◆ Brief
The expected answer is the set of lines in the data below between the line holding "for (found, row)" and the line holding "keep(&mut out, settler.reach(alloc, time).ok()?)?;", inclusive, written out exactly.

◆ Recorded data
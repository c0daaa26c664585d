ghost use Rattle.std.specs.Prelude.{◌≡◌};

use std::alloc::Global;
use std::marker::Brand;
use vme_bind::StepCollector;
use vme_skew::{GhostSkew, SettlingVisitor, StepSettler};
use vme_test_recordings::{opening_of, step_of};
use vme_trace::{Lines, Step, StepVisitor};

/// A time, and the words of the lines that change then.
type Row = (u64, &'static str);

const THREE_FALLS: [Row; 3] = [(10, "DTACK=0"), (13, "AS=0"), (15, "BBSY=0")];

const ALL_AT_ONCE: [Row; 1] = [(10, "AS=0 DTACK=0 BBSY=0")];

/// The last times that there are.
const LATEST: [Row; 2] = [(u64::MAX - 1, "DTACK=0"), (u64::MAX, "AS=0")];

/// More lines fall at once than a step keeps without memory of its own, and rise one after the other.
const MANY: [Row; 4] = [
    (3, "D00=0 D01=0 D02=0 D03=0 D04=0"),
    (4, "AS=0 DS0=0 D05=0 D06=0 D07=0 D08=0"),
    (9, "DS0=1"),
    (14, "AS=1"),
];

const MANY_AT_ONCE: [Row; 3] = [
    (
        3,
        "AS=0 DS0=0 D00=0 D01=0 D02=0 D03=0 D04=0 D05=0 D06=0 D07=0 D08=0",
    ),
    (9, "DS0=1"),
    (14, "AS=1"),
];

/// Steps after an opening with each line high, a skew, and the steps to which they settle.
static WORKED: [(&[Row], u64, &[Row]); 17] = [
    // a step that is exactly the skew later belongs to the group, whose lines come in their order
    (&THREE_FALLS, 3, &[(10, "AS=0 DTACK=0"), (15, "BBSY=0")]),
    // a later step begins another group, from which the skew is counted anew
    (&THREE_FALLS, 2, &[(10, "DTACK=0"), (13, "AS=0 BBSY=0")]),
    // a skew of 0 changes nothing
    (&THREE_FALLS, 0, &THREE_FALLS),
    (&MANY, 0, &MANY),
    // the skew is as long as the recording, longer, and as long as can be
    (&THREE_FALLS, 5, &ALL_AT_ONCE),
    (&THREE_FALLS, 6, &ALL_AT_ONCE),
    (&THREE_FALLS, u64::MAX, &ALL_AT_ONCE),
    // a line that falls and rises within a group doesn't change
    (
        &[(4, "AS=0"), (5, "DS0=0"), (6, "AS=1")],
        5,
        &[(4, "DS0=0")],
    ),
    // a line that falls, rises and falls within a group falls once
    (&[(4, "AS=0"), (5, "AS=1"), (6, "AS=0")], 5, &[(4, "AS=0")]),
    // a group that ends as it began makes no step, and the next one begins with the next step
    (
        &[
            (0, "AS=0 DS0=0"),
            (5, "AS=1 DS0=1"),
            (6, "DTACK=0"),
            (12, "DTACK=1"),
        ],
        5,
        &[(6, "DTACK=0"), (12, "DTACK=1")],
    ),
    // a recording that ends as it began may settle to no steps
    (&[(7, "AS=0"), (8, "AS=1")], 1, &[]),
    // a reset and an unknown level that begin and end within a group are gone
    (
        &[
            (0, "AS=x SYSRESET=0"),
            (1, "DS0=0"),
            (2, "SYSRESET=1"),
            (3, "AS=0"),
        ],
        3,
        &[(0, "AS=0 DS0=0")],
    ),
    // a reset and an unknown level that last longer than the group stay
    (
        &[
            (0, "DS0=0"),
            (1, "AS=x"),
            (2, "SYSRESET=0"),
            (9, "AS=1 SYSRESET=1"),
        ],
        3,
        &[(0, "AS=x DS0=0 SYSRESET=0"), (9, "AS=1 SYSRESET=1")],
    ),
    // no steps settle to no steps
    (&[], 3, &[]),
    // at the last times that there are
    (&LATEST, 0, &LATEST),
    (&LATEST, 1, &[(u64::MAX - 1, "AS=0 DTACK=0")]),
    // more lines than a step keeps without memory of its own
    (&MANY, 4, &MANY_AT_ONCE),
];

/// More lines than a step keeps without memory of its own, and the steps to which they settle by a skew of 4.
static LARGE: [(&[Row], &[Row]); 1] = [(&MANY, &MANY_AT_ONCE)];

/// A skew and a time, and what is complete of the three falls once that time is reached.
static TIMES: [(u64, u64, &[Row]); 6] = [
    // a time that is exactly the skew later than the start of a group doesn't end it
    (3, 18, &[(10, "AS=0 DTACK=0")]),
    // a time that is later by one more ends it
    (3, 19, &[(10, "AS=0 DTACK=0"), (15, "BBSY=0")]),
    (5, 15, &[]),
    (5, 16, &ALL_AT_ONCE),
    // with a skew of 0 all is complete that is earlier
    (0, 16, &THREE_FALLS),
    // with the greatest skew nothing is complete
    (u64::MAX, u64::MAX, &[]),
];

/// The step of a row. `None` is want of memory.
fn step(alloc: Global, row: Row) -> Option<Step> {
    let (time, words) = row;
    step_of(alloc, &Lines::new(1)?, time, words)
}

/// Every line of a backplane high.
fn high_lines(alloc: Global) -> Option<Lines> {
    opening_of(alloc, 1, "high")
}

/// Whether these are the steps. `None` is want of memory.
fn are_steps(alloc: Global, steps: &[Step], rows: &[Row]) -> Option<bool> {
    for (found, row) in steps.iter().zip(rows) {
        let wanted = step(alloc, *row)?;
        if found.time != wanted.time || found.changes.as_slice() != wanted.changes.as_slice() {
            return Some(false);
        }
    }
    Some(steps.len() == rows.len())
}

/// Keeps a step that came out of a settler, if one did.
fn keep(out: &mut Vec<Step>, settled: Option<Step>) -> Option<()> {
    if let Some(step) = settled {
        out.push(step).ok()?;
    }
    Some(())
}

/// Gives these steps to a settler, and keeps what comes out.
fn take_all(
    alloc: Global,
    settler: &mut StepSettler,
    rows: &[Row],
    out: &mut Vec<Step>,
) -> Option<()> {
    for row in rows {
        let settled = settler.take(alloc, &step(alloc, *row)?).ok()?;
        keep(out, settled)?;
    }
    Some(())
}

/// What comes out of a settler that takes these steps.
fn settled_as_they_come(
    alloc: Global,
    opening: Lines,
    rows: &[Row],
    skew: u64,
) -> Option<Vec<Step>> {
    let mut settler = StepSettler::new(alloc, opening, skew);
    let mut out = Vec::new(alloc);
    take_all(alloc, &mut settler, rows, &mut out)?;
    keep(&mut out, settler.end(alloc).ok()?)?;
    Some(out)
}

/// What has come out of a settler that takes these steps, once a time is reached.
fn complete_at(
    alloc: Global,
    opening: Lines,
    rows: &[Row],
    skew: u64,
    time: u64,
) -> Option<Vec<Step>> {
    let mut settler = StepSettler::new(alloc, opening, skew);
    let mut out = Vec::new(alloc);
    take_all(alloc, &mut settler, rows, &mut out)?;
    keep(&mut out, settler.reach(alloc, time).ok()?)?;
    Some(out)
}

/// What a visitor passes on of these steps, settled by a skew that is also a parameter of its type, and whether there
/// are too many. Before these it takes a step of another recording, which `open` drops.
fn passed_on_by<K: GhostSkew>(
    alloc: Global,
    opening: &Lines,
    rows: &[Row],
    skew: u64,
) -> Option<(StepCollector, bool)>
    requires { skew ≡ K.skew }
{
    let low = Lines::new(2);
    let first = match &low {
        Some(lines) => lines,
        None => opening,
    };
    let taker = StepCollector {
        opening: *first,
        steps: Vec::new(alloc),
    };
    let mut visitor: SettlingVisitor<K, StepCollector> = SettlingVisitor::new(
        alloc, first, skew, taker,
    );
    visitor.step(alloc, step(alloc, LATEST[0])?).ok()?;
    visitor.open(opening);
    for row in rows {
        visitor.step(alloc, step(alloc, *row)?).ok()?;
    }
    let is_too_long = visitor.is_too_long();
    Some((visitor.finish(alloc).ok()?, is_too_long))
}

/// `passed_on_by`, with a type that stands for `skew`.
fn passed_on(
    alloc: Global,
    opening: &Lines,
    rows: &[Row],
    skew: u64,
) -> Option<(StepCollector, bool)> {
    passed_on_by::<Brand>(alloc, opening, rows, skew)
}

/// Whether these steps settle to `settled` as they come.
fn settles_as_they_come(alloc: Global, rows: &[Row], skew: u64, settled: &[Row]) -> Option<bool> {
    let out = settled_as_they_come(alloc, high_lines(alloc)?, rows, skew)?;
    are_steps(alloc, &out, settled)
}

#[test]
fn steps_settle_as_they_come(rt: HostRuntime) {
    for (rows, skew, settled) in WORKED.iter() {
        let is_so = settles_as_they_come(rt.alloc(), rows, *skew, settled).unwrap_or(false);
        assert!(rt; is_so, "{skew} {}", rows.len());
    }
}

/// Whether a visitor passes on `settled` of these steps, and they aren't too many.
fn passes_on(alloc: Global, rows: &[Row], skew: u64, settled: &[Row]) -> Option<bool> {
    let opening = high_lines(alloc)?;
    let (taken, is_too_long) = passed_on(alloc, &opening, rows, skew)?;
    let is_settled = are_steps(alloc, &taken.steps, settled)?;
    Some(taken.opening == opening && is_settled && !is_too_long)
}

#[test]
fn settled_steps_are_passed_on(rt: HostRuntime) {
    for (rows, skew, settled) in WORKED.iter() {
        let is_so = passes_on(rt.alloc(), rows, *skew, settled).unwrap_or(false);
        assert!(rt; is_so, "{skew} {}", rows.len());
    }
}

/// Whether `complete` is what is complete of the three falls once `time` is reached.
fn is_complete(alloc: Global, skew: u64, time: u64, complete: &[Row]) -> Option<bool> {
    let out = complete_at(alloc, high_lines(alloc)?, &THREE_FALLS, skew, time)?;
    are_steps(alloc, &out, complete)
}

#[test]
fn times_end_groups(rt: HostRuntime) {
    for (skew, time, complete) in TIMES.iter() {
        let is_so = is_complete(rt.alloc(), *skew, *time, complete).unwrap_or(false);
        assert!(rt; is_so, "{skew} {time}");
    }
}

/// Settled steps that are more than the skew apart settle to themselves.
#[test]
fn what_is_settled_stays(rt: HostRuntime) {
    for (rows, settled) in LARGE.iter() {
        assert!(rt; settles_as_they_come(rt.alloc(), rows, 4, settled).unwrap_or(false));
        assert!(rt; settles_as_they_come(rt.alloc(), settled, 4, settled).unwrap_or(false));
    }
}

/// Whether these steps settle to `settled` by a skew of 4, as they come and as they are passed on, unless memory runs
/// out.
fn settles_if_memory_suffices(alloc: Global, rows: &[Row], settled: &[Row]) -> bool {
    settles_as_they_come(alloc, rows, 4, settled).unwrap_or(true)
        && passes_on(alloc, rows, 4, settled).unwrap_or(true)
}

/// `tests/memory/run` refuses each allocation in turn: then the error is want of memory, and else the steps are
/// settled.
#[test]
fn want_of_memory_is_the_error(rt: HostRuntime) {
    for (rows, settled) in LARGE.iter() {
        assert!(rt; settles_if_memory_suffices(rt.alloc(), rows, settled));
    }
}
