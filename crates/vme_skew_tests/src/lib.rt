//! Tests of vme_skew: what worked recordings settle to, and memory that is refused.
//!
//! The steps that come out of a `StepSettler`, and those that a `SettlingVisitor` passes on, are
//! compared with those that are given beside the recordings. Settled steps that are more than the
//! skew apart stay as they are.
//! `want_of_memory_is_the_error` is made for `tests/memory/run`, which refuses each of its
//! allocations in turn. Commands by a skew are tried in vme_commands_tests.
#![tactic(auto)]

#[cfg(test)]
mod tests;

◆ Solved exercise
    for (found, row) in steps.iter().zip(rows) {
        let wanted = step(alloc, *row)?;
        if found.time != wanted.time || found.changes.as_slice() != wanted.changes.as_slice() {
            return Some(false);
        }
    }
    Some(steps.len() == rows.len())
}

/// Keeps a step that came out of a settler, if one did.
fn keep(out: &mut Vec<Step>, settled: Option<Step>) -> Option<()> {
    if let Some(step) = settled {
        out.push(step).ok()?;
    }
    Some(())
}

/// Gives these steps to a settler, and keeps what comes out.
fn take_all(
    alloc: Global,
    settler: &mut StepSettler,
    rows: &[Row],
    out: &mut Vec<Step>,
) -> Option<()> {
    for row in rows {
        let settled = settler.take(alloc, &step(alloc, *row)?).ok()?;
        keep(out, settled)?;
    }
    Some(())
}

/// What comes out of a settler that takes these steps.
fn settled_as_they_come(
    alloc: Global,
    opening: Lines,
    rows: &[Row],
    skew: u64,
) -> Option<Vec<Step>> {
    let mut settler = StepSettler::new(alloc, opening, skew);
    let mut out = Vec::new(alloc);
    take_all(alloc, &mut settler, rows, &mut out)?;
    keep(&mut out, settler.end(alloc).ok()?)?;
    Some(out)
}

/// What has come out of a settler that takes these steps, once a time is reached.
fn complete_at(
    alloc: Global,
    opening: Lines,
    rows: &[Row],
    skew: u64,
    time: u64,
) -> Option<Vec<Step>> {
    let mut settler = StepSettler::new(alloc, opening, skew);
    let mut out = Vec::new(alloc);
    take_all(alloc, &mut settler, rows, &mut out)?;
    keep(&mut out, settler.reach(alloc, time).ok()?)?;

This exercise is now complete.